[AIM OF THE TASK]
Nothing outside the stretch is wanted. Repeat exactly the lines of the listing below from the one that contains "each change was" through the one that contains "pub(crate) fn run_drawn<R: Clock", both ends included.

• • •

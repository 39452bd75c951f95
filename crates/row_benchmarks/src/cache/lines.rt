//! The lines of what is timed.
use super::attempts::Tally;
use super::plan::Plan;
use super::rates::{Rate, Side};
use std::io;
use std::io::Print;
use std::time::Duration;

/// The line of what was done `count` times, if times are printed.
pub(crate) fn print_time<R: Print>(
    rt: &R,
    plan: &Plan,
    name: &str,
    count: u64,
    took: Duration,
) -> io::Result<()> {
    if plan.is_timed {
        println!(rt; "{name} {count} {}", took.as_nanos())
    } else {
        Ok(())
    }
}

/// The line of walkers in several threads, if times are printed.
pub(crate) fn print_rate<R: Print>(rt: &R, plan: &Plan, side: Side, rate: &Rate) -> io::Result<()> {
    let Rate {
        took,
        tally: Tally { busy, .. },
        renames,
    } = rate;
    let count = plan.attempts.saturating_mul(side.walkers as u64);
    if plan.is_timed {
        println!(rt;
            "{} {count} {} {busy} {renames}",
            side.name,
            took.as_nanos()
        )
    } else {
        Ok(())
    }
}
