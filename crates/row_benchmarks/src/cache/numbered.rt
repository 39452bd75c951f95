//! Attempts to reach files with numbered names.
use super::attempts::{Aim, Room, Tally, walk_once};
use crate::changes::path;
use crate::numbers::{count_up, name_of_number};
use dentry_cache::Walker;

/// Numbers one after another.
#[derive(Clone, Copy)]
pub(crate) struct Numbers<'n> {
    pub first: usize,
    /// For each of them, whether a file has its name.
    pub are_there: &'n [bool],
}

/// Attempts to reach the name of each of the numbers in turn, round after round until `attempts` are made, and returns the
/// outcome; none if there are no numbers.
pub(crate) fn walk_numbers(
    walker: Walker,
    numbers: Numbers<'_>,
    attempts: u64,
) -> Option<(Walker, Tally)> {
    let Numbers { first, are_there } = numbers;
    let first = name_of_number(first);
    let mut walker = walker;
    let mut room = Room::new();
    let mut tally = Tally::NONE;
    let mut name = first;
    let mut place = 0;
    for _ in 0..attempts {
        let aim = Aim {
            path: &path(&name)?,
            is_there: *are_there.get(place)?,
        };
        let (next, one) = walk_once(walker, aim, &mut room);
        walker = next;
        tally = tally.and(one);
        place += 1;
        count_up(&mut name);
        if place == are_there.len() {
            place = 0;
            name = first;
        }
    }
    Some((walker, tally))
}
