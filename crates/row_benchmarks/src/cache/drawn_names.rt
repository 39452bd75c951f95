//! Attempts to reach names that no entry has, and numbered names, before and after drawn changes, each with its line.
use super::attempts::{Aim, Tally};
use super::lines::print_time;
use super::numbered::Numbers;
use super::plan::Plan;
use super::timer::{time_attempts, time_drawn, time_numbers};
use crate::changes::path;
use crate::trees::numbered_files;
use dentry_cache::Keeper;
use std::alloc::{AllocError, Global};
use std::io;
use std::io::Print;
use std::rt::Clock;

/// For each number, from 1 on, whether a file has its name. There are twice as many numbers as such files; the files have the first
/// of them.
pub(crate) fn numbers_there(alloc: Global, plan: &Plan) -> Result<Vec<bool>, AllocError> {
    let files = numbered_files(plan.entries);
    let mut are_there = vec![in alloc; true; files]?;
    are_there.resize(files.saturating_mul(2), false)?;
    Ok(are_there)
}

/// The attempts before changes are drawn. Returns whether each that ended well found its file, or that there is none.
pub(crate) fn run_names<R: Clock + Print>(
    rt: &R,
    plan: &Plan,
    keeper: &mut Keeper,
    are_there: &[bool],
) -> io::Result<bool> {
    let (files, others) = are_there.split_at(are_there.len() / 2);
    let files = Numbers {
        first: 1,
        are_there: files,
    };
    let others = Numbers {
        first: files.are_there.len() + 1,
        are_there: others,
    };
    Ok(
        run_absent(rt, plan, keeper, "absent")?
            && run_numbers(rt, plan, keeper, "numbered", files, plan.attempts)?
            && run_numbers(rt, plan, keeper, "other_numbers", others, plan.attempts)?,
    )
}

/// The changes that are drawn, and the attempts after them, which go to each number at least once. Returns whether each change was
/// made, unless the tree had no room for a file, and each attempt was right.
pub(crate) fn run_drawn<R: Clock + Print>(
    rt: &R,
    plan: &Plan,
    keeper: &mut Keeper,
    are_there: &mut [bool],
) -> io::Result<bool> {
    let Some((took, made)) = time_drawn(rt, keeper, are_there, plan.drawn)? else {
        return Ok(false);
    };
    print_time(rt, plan, "drawn", made, took)?;
    let attempts = plan.attempts.max(are_there.len() as u64);
    let numbers = Numbers {
        first: 1,
        are_there,
    };
    Ok(
        run_absent(rt, plan, keeper, "absent_after")?
            && run_numbers(rt, plan, keeper, "numbers_after", numbers, attempts)?,
    )
}

fn run_absent<R: Clock + Print>(
    rt: &R,
    plan: &Plan,
    keeper: &mut Keeper,
    name: &str,
) -> io::Result<bool> {
    let (Some(path), Ok(walker)) = (path(b"/absent"), keeper.walker()) else {
        return Ok(false);
    };
    let aim = Aim {
        path: &path,
        is_there: false,
    };
    let (took, tally) = time_attempts(rt, walker, aim, plan.attempts)?;
    print_time(rt, plan, name, plan.attempts, took)?;
    Ok(tally == Tally::NONE)
}

fn run_numbers<R: Clock + Print>(
    rt: &R,
    plan: &Plan,
    keeper: &mut Keeper,
    name: &str,
    numbers: Numbers<'_>,
    attempts: u64,
) -> io::Result<bool> {
    let Ok(walker) = keeper.walker() else {
        return Ok(false);
    };
    let Some((took, tally)) = time_numbers(rt, walker, numbers, attempts)? else {
        return Ok(false);
    };
    print_time(rt, plan, name, attempts, took)?;
    Ok(tally == Tally::NONE)
}
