//! Walkers in several threads, timed.
use super::attempts::{Aim, Tally, walk_often};
use crate::changes::path;
use dentry_cache::{Keeper, Walker};
use directory_tree::Change;
use std::alloc::{AllocError, Global};
use std::io;
use std::rt::Clock;
use std::sync::atomic::{AtomicBool, Ordering};
use std::thread::{Threads, join, map_vec};
use std::time::{Duration, Instant};

/// Walkers that run at the same time.
#[derive(Clone, Copy)]
pub(crate) struct Side {
    pub name: &'static str,
    pub walkers: usize,
    /// Whether the keeper renames a directory to and fro all the time meanwhile.
    pub is_beside: bool,
}

/// What is timed.
pub(crate) const SIDES: [Side; 4] = [
    Side {
        name: "one",
        walkers: 1,
        is_beside: false,
    },
    Side {
        name: "four",
        walkers: 4,
        is_beside: false,
    },
    Side {
        name: "one_beside",
        walkers: 1,
        is_beside: true,
    },
    Side {
        name: "four_beside",
        walkers: 4,
        is_beside: true,
    },
];

/// How long the attempts of all walkers took, their outcome, and how many renames were made meanwhile.
#[derive(Clone, Copy)]
pub(crate) struct Rate {
    pub took: Duration,
    pub tally: Tally,
    pub renames: u64,
}

/// The rate of walkers that each make `attempts` attempts; none where the keeper's renames are refused.
pub(crate) fn measure<R: Clock + Threads + Sync>(
    rt: &R,
    alloc: Global,
    keeper: &mut Keeper,
    side: Side,
    aim: Aim<'_>,
    attempts: u64,
) -> io::Result<Option<Rate>> {
    let mut walkers = Vec::new(alloc);
    for _ in 0..side.walkers {
        let Ok(walker) = keeper.walker() else {
            return Err(AllocError.into());
        };
        walkers.push(walker)?;
    }
    if side.is_beside {
        let done = AtomicBool::new(false);
        walk_beside(rt, keeper, walkers, aim, attempts, &done)
    } else {
        Ok(Some(walk_all(rt, walkers, aim, attempts)?))
    }
}

fn walk_all<R: Clock + Threads + Sync>(
    rt: &R,
    walkers: Vec<Walker>,
    aim: Aim<'_>,
    attempts: u64,
) -> io::Result<Rate> {
    let start = Instant::now(rt)?;
    let ended = map_vec(
        rt,
        walkers,
        &|walker: Walker| { walk_often(walker, aim, attempts) },
    )?;
    let took = start.elapsed(rt)?;
    let mut tally = Tally::NONE;
    for (_, one) in &ended {
        tally = tally.and(*one);
    }
    Ok(Rate {
        took,
        tally,
        renames: 0,
    })
}

// The same concurrently with the keeper, which renames until all walkers are done.
fn walk_beside<R: Clock + Threads + Sync>(
    rt: &R,
    keeper: &mut Keeper,
    walkers: Vec<Walker>,
    aim: Aim<'_>,
    attempts: u64,
    done: &AtomicBool,
) -> io::Result<Option<Rate>> {
    let (walked, renames) = join(
        rt,
        || {
            let walked = walk_all(rt, walkers, aim, attempts);
            done.store(true, Ordering::SeqCst);
            walked
        },
        || rename_until(keeper, done),
    );
    let (walked, Some(renames)) = (walked?, renames) else {
        return Ok(None);
    };
    Ok(Some(Rate { renames, ..walked }))
}

// Renames a directory to and fro until `done` is set, and returns the number of renames; none where one is refused.
fn rename_until(keeper: &mut Keeper, done: &AtomicBool) -> Option<u64> {
    let there = Change::Rename(path(b"/empty")?, path(b"/moved")?);
    let back = Change::Rename(path(b"/moved")?, path(b"/empty")?);
    for rounds in 0..u64::MAX {
        if done.load(Ordering::SeqCst) {
            return Some(rounds.saturating_mul(2));
        }
        if keeper.apply(&there).is_err() || keeper.apply(&back).is_err() {
            return None;
        }
    }
    None
}
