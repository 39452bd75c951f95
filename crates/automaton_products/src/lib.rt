//! The product of two automata: it runs both at once, and its records have the hits of both.
//!
//! The definitions to believe are those in `specs/Products.antt` and `specs/Numbers.antt`; those in `specs/ProductStates.antt` are
//! of private contracts and proofs.
#![tactic(auto)]

mod joins;
mod laws;
mod pairs;
mod product_states;

pub use laws::equal_pairs_are_one;
pub use pairs::Pair;
pub use product_states::product;
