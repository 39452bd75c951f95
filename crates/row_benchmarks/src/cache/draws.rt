//! Changes that are drawn: files with numbered names are unlinked and created.
use crate::changes::path;
use crate::numbers::name_of_number;
use dentry_cache::Keeper;
use directory_tree::Change;
use names::Errno;
use rand_core::utils::NextWord;
use rand_pcg::Pcg32;

/// Draws a number, from 1 on, and unlinks its file if there is one, and otherwise creates it; and so `drawn` times. For each number,
/// `are_there` says whether its file is there. Returns how many changes were made: a file for which the tree has no room isn't
/// created. None if a change is refused otherwise.
pub(crate) fn draw_changes(keeper: &mut Keeper, are_there: &mut [bool], drawn: u64) -> Option<u64> {
    let mut random = Pcg32::new(42, 54);
    let mut made: u64 = 0;
    for _ in 0..drawn {
        let place = (random.next_word() as usize).checked_rem(are_there.len())?;
        if change_file(keeper, place + 1, &mut are_there[place])? {
            made = made.saturating_add(1);
        }
    }
    Some(made)
}

// Whether the file of this number was unlinked or created.
fn change_file(keeper: &mut Keeper, number: usize, is_there: &mut bool) -> Option<bool> {
    let name = name_of_number(number);
    let file = path(&name)?;
    let change = if *is_there {
        Change::Unlink(file)
    } else {
        Change::Create(file)
    };
    match keeper.apply(&change) {
        Ok(_) => {
            *is_there = !*is_there;
            Some(true)
        }
        Err(Errno::ENOSPC) if !*is_there => Some(false),
        Err(_) => None,
    }
}
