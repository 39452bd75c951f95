//! What the words ask for.
ghost use Rattle.std.specs.Prelude.{◌≤◌};
ghost use Rattle.tree_row.specs.declared.cells.TheConstants.{MOST_ENTRIES};

use crate::trees::{FEWEST_ENTRIES, numbered_files};
use tree_row::MOST_ENTRIES;

/// What is done in a tree that has room for `capacity` entries, and `entries` of them.
#[derive(Clone, Copy)]
pub(crate) struct Plan {
    pub capacity: usize,
    pub entries: usize,
    /// The number of changes of each kind.
    pub changes: u64,
    /// The number of attempts of each walk in each thread.
    pub attempts: u64,
    /// The number of changes that are drawn.
    pub drawn: u64,
    /// Whether times are printed.
    pub is_timed: bool,
    ghost fits: { capacity ≤ MOST_ENTRIES },
}

// With no words.
const SMALLEST: Sizes = Sizes {
    capacity: FEWEST_ENTRIES,
    tenths: 5,
    changes: 3,
    attempts: 200,
    drawn: 200,
};

// What the words say, unchecked.
#[derive(Clone, Copy)]
struct Sizes {
    capacity: usize,
    tenths: usize,
    changes: u64,
    attempts: u64,
    drawn: u64,
}

/// The plan that the words give.
pub(crate) fn planned(words: &[String]) -> Option<Plan> {
    if words.is_empty() {
        checked(SMALLEST, false)
    } else {
        checked(sizes_of(words)?, true)
    }
}

fn sizes_of(words: &[String]) -> Option<Sizes> {
    let [capacity, tenths, changes, attempts, drawn] = words else {
        return None;
    };
    Some(Sizes {
        capacity: capacity.as_str().parse().ok()?,
        tenths: tenths.as_str().parse().ok()?,
        changes: changes.as_str().parse().ok()?,
        attempts: attempts.as_str().parse().ok()?,
        drawn: drawn.as_str().parse().ok()?,
    })
}

// None if a row can't have that capacity, or the tree has no file with a numbered name, or no room for what is changed.
fn checked(sizes: Sizes, is_timed: bool) -> Option<Plan> {
    let Sizes {
        capacity,
        tenths,
        changes,
        attempts,
        drawn,
    } = sizes;
    if capacity < FEWEST_ENTRIES || capacity > MOST_ENTRIES {
        return None;
    }
    let entries = capacity.saturating_mul(tenths) / 10;
    if tenths > 9 || numbered_files(entries) == 0 {
        return None;
    }
    Some(Plan {
        capacity,
        entries,
        changes,
        attempts,
        drawn,
        is_timed,
    })
}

• • •

[EXERCISE RESPONSE]
/// The changes that are drawn, and the attempts after them, which go to each number at least once. Returns whether each change was
/// made, unless the tree had no room for a file, and each attempt was right.
pub(crate) fn run_drawn<R: Clock + Print>(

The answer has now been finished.